1998: How does Buffett read an annual report?
AUDIENCE MEMBER: Hello. I’m Steve Davis (PH) from San Francisco.
I’d like your advice on how to understand annual reports. What you look for, what’s important, what’s not important, and what you’ve learned over the years from reading thousands of reports? Thank you.
WARREN BUFFETT: Well, we’ve read a lot of reports, I will tell you that.
And we — well, we start by looking at the reports of companies that we think we can understand. So we hope to find — we hope to be reading reports — and I do read hundreds of them every year — we hope to be reading reports of businesses that are understandable to us.
And then we see from that report whether the management is telling us about the things that we would want to know about if we owned a hundred percent of the company.
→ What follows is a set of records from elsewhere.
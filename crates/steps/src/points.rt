// The next values of a stretch of moving points, put into a slice that is neither older nor newer.
// At the first that lies beyond the ceiling each function stops.
ghost use Rattle.std.specs.Prelude.{nat_abs, ◌≡◌, ◌+◌, ◌-◌, ◌≤◌, ◌<◌, length};
ghost use Rattle.steps.specs.Plan.{SoftGrid, Neighbouring};
ghost use Rattle.types.specs.declared.Kind.TheVariants.{Bar};
ghost use Rattle.types.specs.Numbers.{ceiling};
ghost use Rattle.scheme.specs.Instruments.{kind};
ghost use Rattle.scheme.specs.Step.{divisor};
ghost use Rattle.steps.specs.Run.{next_over, next_by, Advanced, Placed, Moves, Sums, OnLine, FreeEnd};

use crate::arithmetic::{is_below_limit, numerator, stiffness};
use crate::basis::Basis;
use crate::neighbours::{sum_around, sum_at, sum_beside};
use rounding::round_by;
use stretches::Stretch;

impl Basis<'_> {
    // The numerator at a point: sum is that of its neighbours, stiff is m·B.
    pub(crate) fn numerator_at(self, at: usize, sum: i64, stiff: i64, force: i64) -> i64
        requires { (nat_abs force ≤ ceiling) × Neighbouring self.plan.instrument self.newer.now at sum stiff }
        ensures { next_over result (divisor self.entry.plan.instrument.settings)
            ≡ next_by self.entry.plan.instrument force self.entry.older.now self.entry.newer.now at }
    {
        numerator(self.plan, self.newer[at], sum, self.older[at], force, stiff)
    }

    // One point: its next value. The force and the place of a stretch stay clauses: the one is of any hit, the other ties it to `out`.
    pub(crate) fn next_point(
        self,
        at: usize,
        sum: i64,
        stiff: i64,
        s: Stretch,
        out: &mut [i64],
    ) -> Option<u64>
        requires ready { (nat_abs s.force ≤ ceiling) × Neighbouring self.plan.instrument self.newer.now at sum stiff }
        requires placed { Placed s (length out.old) × (s.from ≤ at) × (at < s.to) }
        ensures { Advanced self.entry.plan s self.entry.older.now self.entry.newer.now out.old out.new at (at + 1) result }
    {
        let n = self.numerator_at(at, sum, stiff, s.force);
        // named, since the edit `beyond_let_pass` is of this test
        let beyond = !is_below_limit(self.plan, n);
        if beyond {
            return None;
        }
        if !s.write {
            return Some(0);
        }
        let rounded = round_by(n, self.plan.divisor, self.plan.half);
        out[at - s.base] = rounded.whole;
        Some(u64::from(rounded.remainder != 0))
    }

    // Moving points without stiffness: `sum` gives the sum of a point's neighbours.
    fn soft_run<F: Fn(usize) -> i64 + Drop>(
        self,
        sum: F,
        s: Stretch,
        out: &mut [i64],
    ) -> Option<u64>
        requires ready { (nat_abs s.force ≤ ceiling) × Placed s (length out.old) }
        requires sums { Sums self.plan.instrument self.newer.now (F.pre sum) (F.post sum) s.from s.to }
        ensures { Advanced self.entry.plan s self.entry.older.now self.entry.newer.now out.old out.new s.from s.to result }
    {
        let mut inexact = 0;
        for at in s.from..s.to {
            inexact += self.next_point(at, sum(at), 0, s, out)?;
        }
        Some(inexact)
    }

    // Points of a bar: the sums of the neighbours before, here and after, each worked out once and handed on, which `soft_run` does not.
    fn bar_run(self, s: Stretch, out: &mut [i64]) -> Option<u64>
        requires ready { (nat_abs s.force ≤ ceiling) × Placed s (length out.old) }
        requires on_line { OnLine self.plan.instrument.grid s.from s.to × (kind self.plan.instrument.grid ≡ Bar) }
        ensures { Advanced self.entry.plan s self.entry.older.now self.entry.newer.now out.old out.new s.from s.to result }
    {
        let mut inexact = 0;
        let mut left = sum_at(self.newer, s.from - 1);
        let mut here = sum_at(self.newer, s.from);
        for at in s.from..s.to {
            let right = sum_at(self.newer, at + 1);
            let stiff = stiffness(self.plan, left + right, here, self.newer[at]);
            inexact += self.next_point(at, here, stiff, s, out)?;
            left = here;
            here = right;
        }
        Some(inexact)
    }

    // Inner points of a line without stiffness.
    fn inner_points(self, s: Stretch, out: &mut [i64]) -> Option<u64>
        requires ready { (nat_abs s.force ≤ ceiling) × Placed s (length out.old) }
        requires on_line { OnLine self.plan.instrument.grid s.from s.to × (self.plan.instrument.settings.m ≡ 0) }
        ensures { Advanced self.entry.plan s self.entry.older.now self.entry.newer.now out.old out.new s.from s.to result }
    {
        let newer = self.newer;
        self.soft_run(|at| sum_beside(newer, at), s, out)
    }

    // The part of a stretch that is one end of a line, if it has one: at a free end the one neighbour counts twice.
    fn free_end(self, near: usize, s: Stretch, out: &mut [i64]) -> Option<u64>
        requires ready { (nat_abs s.force ≤ ceiling) × Placed s (length out.old) }
        requires free_end { FreeEnd self.plan.instrument near s.from s.to }
        ensures { Advanced self.entry.plan s self.entry.older.now self.entry.newer.now out.old out.new s.from s.to result }
    {
        if s.from == s.to {
            return Some(0);
        }
        let x = self.newer[near];
        self.next_point(s.from, x + x, 0, s, out)
    }

    // Moving points of a line: its first, if it is one of them, the inner ones, its last. Of lines only a bar is stiff; its ends are fixed.
    fn line_points(self, s: Stretch, out: &mut [i64]) -> Option<u64>
        requires ready { (nat_abs s.force ≤ ceiling) × Placed s (length out.old) }
        requires one_row { (self.plan.instrument.grid.rows ≡ 1) × Moves self.plan.instrument.grid s.from s.to × (s.from < s.to) }
        ensures { Advanced self.entry.plan s self.entry.older.now self.entry.newer.now out.old out.new s.from s.to result }
    {
        if self.plan.m != 0 {
            return self.bar_run(s, out);
        }
        let n = self.newer.len();
        let first = self.free_end(1, s.part(0, 1), out)?;
        let inner = self.inner_points(s.part(1, n - 1), out)?;
        let last = self.free_end(n - 2, s.part(n - 1, n), out)?;
        Some(first + inner + last)
    }

    // Moving points of a row. Off a line there is no stiffness. Inlined, so that no row copies the factors.
    #[inline(always)]
    pub(crate) fn points_run(self, s: Stretch, out: &mut [i64]) -> Option<u64>
        requires ready { (nat_abs s.force ≤ ceiling) × Placed s (length out.old) }
        requires moves { Moves self.plan.instrument.grid s.from s.to × (s.from < s.to) × SoftGrid self.plan.instrument }
        ensures { Advanced self.entry.plan s self.entry.older.now self.entry.newer.now out.old out.new s.from s.to result }
    {
        if self.plan.instrument.grid.rows == 1 {
            return self.line_points(s, out);
        }
        let newer = self.newer;
        let columns = self.plan.instrument.grid.columns;
        self.soft_run(|at| sum_around(newer, at, columns), s, out)
    }
}
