//! The top call: it makes the text that the words of a command line ask for, of the files that they name.
#![tactic(auto)]

mod counted;
mod design_report;
mod eco;
mod edit_lines;
mod edit_refusal;
mod edits;
mod generated;
mod input;
mod link;
mod replay;
mod report;
mod runs;
mod solution;
mod solve;
mod text_report;
mod top;
mod warm_run;

pub use call_meaning::{calls_agree, one_outcome_is_meant, workers_change_nothing};
pub use command_line::{
    BlockFiles, EcoJob, Engine, FileName, GenJob, Job, LinkJob, ReplayJob, ReportJob, SolveJob,
    WordsFault, parse_words,
};
pub use top::{xtalk, xtalk_gated};
pub use warm_run::warm;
And when we find a management that does tell us about those things, and that is candid in the same way that a manager of a subsidiary would be candid with us, and talks in language that we can understand, it definitely improves our feeling about investing in such a business.
And the reverse turns us off, to some extent. So if we read a bunch of public relations gobbledygook, you know, and we see lots of pictures and no facts, it has some effect on our attitude toward a business.
We want to understand the business better when we get through with the annual report than when we picked it up. And that is not difficult for a management to do if they want to do it.
If they don’t want to do it, you know, we think that is a factor in whether we want to be their partners over a ten-year period or so.
But we’ve learned a lot from annual reports. For example, I would say that the Coca-Cola annual report over the last good many years is an enormously informative document. I mean, I can’t think of any way if I’d have a conversation with Roberto Goizueta, or now Doug Ivester, and they were telling me about the business, they would not be telling me more than I get from reading that annual report.
We bought that stock based on an annual report. We did not buy it based on any conversation of any kind with the top management of Coca-Cola before we bought our interest. We simply bought it based on reading the annual report, plus our knowledge of how the business worked.
Charlie?
CHARLIE MUNGER: Yeah. I do think the — if you’ve got a standardized bunch of popular jargon that looks like it came out of the same consulting firm, I do think it’s a big turnoff. That’s not to say that some of the consulting mantras aren’t right. But I think there’s a lot — that for a sort of candid, simple, coherent prose — a lot to be said for it.
WARREN BUFFETT: Almost every business has problems, and we’d just as soon the manager would tell us about them.
We would like that in the businesses we run. In fact, one of the things, we give very little advice to our managers, but one thing we always do say is to tell us the bad news immediately. And I don’t see why that isn’t good advice for the manager of a public company.
Over time, you know, I’m positive it’s the best policy. But a lot of companies, for example, have investor relations people, and they are dying just to pump out what they think is good news all the time.
And they have this attitude that, you know, you’ve got a bunch of animals out there to be fed. And that they’re going to feed them what they want to eat all the time. And over time the animals learn.
So we’ve tried to stay away from businesses like that.
CHARLIE MUNGER: What you seldom see in an annual report is a sentence like this: “This is a very serious problem and we haven’t quite figured out yet how to handle it.” (Laughter)
But believe me, that is an accurate statement much of the time.
VOICE: — just a moment.
(Buffett leaves the table after someone tells him something in his ear.)